Overweging bij de 4e zondag door het jaar (jaar B)
Ook wie geen fan is van Feyenoord, zal toch wel de gevleugelde woorden uit het clublied kennen: Geen woorden maar daden. Uiteindelijk is wat je doet, het enigste waar het op aankomt. Je kunt nog zoveel mooie beloftes doen, als je niet je uiterste best doet om die ook waar te maken, dan heeft niemand iets aan je beloftes.
In heel de Bijbel spelen beloftes een belangrijke rol. Veertig jaar lang zijn de Israëlieten op weg naar beloofd is. Jezus belooft de komst van het rijk van God voor wie met hem in dezelfde richting wil kijken. Profeten beloven in naam van God, dat voor gekwetste en vernederde mensen de toekomst er anders, beter zal uitzien.
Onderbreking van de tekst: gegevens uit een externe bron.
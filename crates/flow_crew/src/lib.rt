//! The crew that turns the tasks of a scattered network: threads that take tasks out of one queue, turn them, and put them back. Each
//! task comes back once, and its journal goes on from where it was.
//!
//! a task is     with               it comes there
//! given         the caller         at the call, and at the return
//! queued        the queue          when the round begins, and when its worker puts it back
//! held          a worker           when the worker takes it off the queue
//!
//! The queue has a rule, and each worker a pass for it that names the tasks which the worker holds. However they are weighed, the tasks of
//! the round are those in the queue and those that passes name: so none is lost, and none comes twice. Which worker turns which task, and
//! when, is open. The bell, on which workers sleep, is a hint: no contract speaks of it.
//!
//! Proved: with 1 to 64 workers and for every schedule: each task of a round comes back once, with a journal that
//! goes on; the network that `run_workers` returns is lawful, goes on from the old one, and is quiet exactly where
//! Quiet is answered; after a refusal it comes back, or all parts do.
//! Tested: rounds and runs by 1, 2, 4, 8 and 64 workers come to the reports that are due; limits; two jobs at one
//! time; memory refused at each growth.
//! Neither: that a round does anything, or ends in any time; how many events are left at a limit. It takes Threads,
//! Wait and Clock.
#![tactic(auto)]

mod bell;
mod crew;
mod item;
mod laws;
mod queue;
mod round;
mod rule;
mod run;
mod shift;
mod worker;

pub use round::turn_round;
pub use run::{RunFault, how_settled, run_shift, run_workers};
pub use shift::Shift;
Al die beloftes zijn niet zomaar uit de lucht gegrepen. Ze hebben een fundament. Ze zijn gebaseerd op een reële waarneming van de werkelijkheid, een werkelijkheid, die vaak niet erg rooskleurig uitziet.
Met name de profeten zien gebeuren, dat er mensen zijn die gebukt gaan onder slavernij of onrecht, onder de hebzucht van anderen of misbruik van macht. Profeten zijn niet zozeer toekomstvoorspellers, zoals vroeger wel gezegd werd. Profeten zijn mensen die zien welk onrecht anderen wordt aangedaan, en die tegelijk geloven dat dit niet kan. Het zijn mensen die zien wat er in de actualiteit gebeurt en die tegelijk zien, dat er een andere, nieuwe, betere toekomst mogelijk moet zijn. Profeten zijn daarom geen toekomst-voorspellers, maar toekomst-belovers. Maar als je een betere toekomst voor ogen hebt, dan moet je er ook alles aan doen om die toekomst waar te maken. Geen woorden maar daden.